# Buying Canon 7D from Japan !



## Charles89 (May 9, 2010)

So Im planning a Canon 7D from a Japanese powerseller !

Do you guys think its a good idea, or will I get charged an incredible amount of money at the borders (Im from Canada)

They are selling it $1440 US +taxes and duty, they say its brand new never opened, but Japanese model (english + japanese language).

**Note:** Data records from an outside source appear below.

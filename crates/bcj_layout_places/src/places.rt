ghost use Rattle.std.specs.Prelude.{◌≡◌, ◌+◌, ◌*◌, ◌++◌, length, map, IfOk};
ghost use Rattle.std.specs.List.{All};
ghost use Rattle.bcj_symbolic_trees.specs.Types.{types_of};
ghost use Rattle.bcj_hier_rules.specs.Heads.{name_of};
ghost use Rattle.bcj_layout_rules.specs.Rows as spec;
ghost use Rattle.bcj_layout_rules.specs.Places as places;
ghost use Rattle.bcj_layout_resolution.specs.Places.{heads_in};
ghost use Rattle.bcj_layout_rows.specs.Found.{selectors_in, IsLoading};
ghost use Rattle.bcj_layout_places.specs.Places.{ArePlaces};
ghost use Rattle.bcj_layout_places.specs.Parts.{IsPart, AreDispatchRows, class_row};

use crate::adding::behind;
use crate::classes::{code_sizes, region_sizes, static_sizes};
use crate::part::{Part, Words, dispatch_rows, place_all};
use crate::start::{start_words, takes_arguments};
use crate::types::{dispatch_sizes, row_sizes};
use bcj_hier_rules::ClassId;
use bcj_layout_members::Members;
use bcj_layout_resolution::Resolver;
use bcj_layout_rows::{ClassIds, RowNumbers, Selectors, class_rows, loaded};
use bcj_symbolic_trees::Ty;
use bcj_tables_rules::ClassRecord;
use std::alloc::{AllocError, Global};

/// The bytes before the start code.
const START_AT: u32 = 16;

/// The words of the empty dispatch row.
const EMPTY_DISPATCH: u32 = 1;

/// The words of the start's table region: the row of MAIN, that of the arguments' type, and main.
const START_REGION: u32 = 3;

/// The addresses at which the parts of an image begin. A list with one address for each class or row has one more behind them, where
/// the next part begins.
#[derive(Drop)]
pub struct Places {
    /// Whether the main class has a `main` that takes arguments.
    pub takes_arguments: bool,
    /// The types that load, in order.
    pub loaded: ClassIds,
    /// The number of the row of each class, none where it doesn't load.
    pub row_numbers: RowNumbers,
    /// The code of each class.
    pub text: Words,
    /// The rows by their numbers.
    pub rows: Words,
    /// For each type that loads its dispatch row, which is the empty one or its own.
    pub dispatch: Words,
    /// The tables, with the start's region first.
    pub tables: u32,
    /// The table region of each class.
    pub regions: Words,
    /// The static fields of each class.
    pub statics: Words,
}

/// The code of the classes, behind the start code.
fn text_part(alloc: Global, classes: &[ClassRecord], main: &str) -> Result<Part, AllocError>
    ensures { IfOk result (IsPart (places.text_at classes.now main.now) (map places.class_words classes.now)) }
{
    let at = behind(START_AT, start_words(classes, main))?;
    let sizes = code_sizes(alloc, classes)?;
    place_all(alloc, at, sizes.as_slice())
}

/// The rows of types that load, and then those of arrays.
fn row_part(
    alloc: Global,
    at: u32,
    members: &Members<'_>,
    classes: &[ClassId],
    arrays: &[Ty],
) -> Result<Part, AllocError>
    requires loaded { All (IsLoading members.now) classes.now }
    ensures { IfOk result (IsPart at (map (class_row members.now) (map (name_of (heads_in members.now)) classes.now) ++ map (λ _. places.row_head) arrays.now)) }
{
    let sizes = row_sizes(alloc, members, classes, arrays)?;
    place_all(alloc, at, sizes.as_slice())
}

/// The dispatch rows, the empty one first.
fn dispatch_part(
    alloc: Global,
    at: u32,
    resolver: &Resolver,
    selectors: &Selectors<'_>,
    classes: &[ClassId],
) -> Result<Part, AllocError>
    requires these { selectors_in selectors.now ≡ spec.selectors resolver.now }
    requires loaded { All (IsLoading resolver.now) classes.now }
    ensures { IfOk result (AreDispatchRows at (at + places.word_size * EMPTY_DISPATCH) (map (places.dispatch_words resolver.now) (map (name_of (heads_in resolver.now)) classes.now))) }
{
    let own = behind(at, EMPTY_DISPATCH)?;
    let sizes = dispatch_sizes(alloc, resolver, selectors, classes)?;
    dispatch_rows(alloc, at, own, sizes.as_slice())
}

/// The table regions, the start's first.
fn region_part(alloc: Global, at: u32, classes: &[ClassRecord]) -> Result<Part, AllocError>
    ensures { IfOk result (IsPart (at + places.word_size * START_REGION) (map places.region_words classes.now)) }
{
    let first = behind(at, START_REGION)?;
    let sizes = region_sizes(alloc, classes)?;
    place_all(alloc, first, sizes.as_slice())
}

fn static_part(alloc: Global, at: u32, classes: &[ClassRecord]) -> Result<Part, AllocError>
    ensures { IfOk result (IsPart at (map (λ c. length (places.statics_in c)) classes.now)) }
{
    let sizes = static_sizes(alloc, classes)?;
    place_all(alloc, at, sizes.as_slice())
}

/// The places of an image. An address past 32 bits fits no memory.
pub fn find_places(
    alloc: Global,
    resolver: &Resolver,
    members: &Members<'_>,
    selectors: &Selectors<'_>,
    arrays: &[Ty],
    main: &str,
) -> Result<Places, AllocError>
    requires same { members.now ≡ resolver.now }
    requires these { selectors_in selectors.now ≡ spec.selectors resolver.now }
    requires arrays { types_of arrays.now ≡ spec.array_types resolver.now }
    ensures { IfOk result (ArePlaces resolver.now main.now) }
{
    let classes = resolver.records().classes.as_slice();
    let loaded = loaded(alloc, resolver)?;
    let row_numbers = class_rows(alloc, resolver)?;
    let text = text_part(alloc, classes, main)?;
    let rows = row_part(alloc, text.next, members, loaded.as_slice(), arrays)?;
    let dispatch = dispatch_part(alloc, rows.next, resolver, selectors, loaded.as_slice())?;
    let regions = region_part(alloc, dispatch.next, classes)?;
    let statics = static_part(alloc, regions.next, classes)?;
    Ok(Places {
        takes_arguments: takes_arguments(classes, main),
        loaded,
        row_numbers,
        text: text.places,
        rows: rows.places,
        dispatch: dispatch.places,
        tables: dispatch.next,
        regions: regions.places,
        statics: statics.places,
    })
}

Or should I buy it at my local store for $1749,99 CAD + taxes ?


----------



## Overread (May 9, 2010)

Check the retailers website - some will cover you for import taxes (you have to pay but you collect the recipt and they refund you the tax amount) whilst others just send the camera and if you get caught by customs you have to foot the bill.
The other thing is that (as far as I know) canon camera bodies don't come with an international warrenty so any repairs/problems and you have to ship back to canon Japan to get your warrenty honoured


----------



## Charles89 (May 9, 2010)

Overread said:


> Check the retailers website - some will cover you for import taxes (you have to pay but you collect the recipt and they refund you the tax amount) whilst others just send the camera and if you get caught by customs you have to foot the bill.
> The other thing is that (as far as I know) canon camera bodies don't come with an international warrenty so any repairs/problems and you have to ship back to canon Japan to get your warrenty honoured



Oh I see :S sending it back to japan could be complicated...


----------



## Overread (May 9, 2010)

Yes and its another point you have to consider with the retailer - some are very good with helping you in this respect whilst other are not so helpfull and will leave you more in the dark.


----------



## sedonaaz (May 20, 2010)

what is the name of the company?


----------



## AlexL (May 20, 2010)

Charles89 said:


> So Im planning a Canon 7D from a Japanese powerseller !
> 
> Do you guys think its a good idea, or will I get charged an incredible amount of money at the borders (Im from Canada)
> 
> ...



I don't think the warranty will cover you if you need to get it fixed up in the states.


----------



## icassell (May 20, 2010)

Frankly, I think you are better off buying it on this side of the pond.  As mentioned, your warranty will not be valid in US or Canada on an imported camera.  This may not be an issue (mine has not had any problems -- knock wood), but could be a royal expensive pain if you do need warranty service.


----------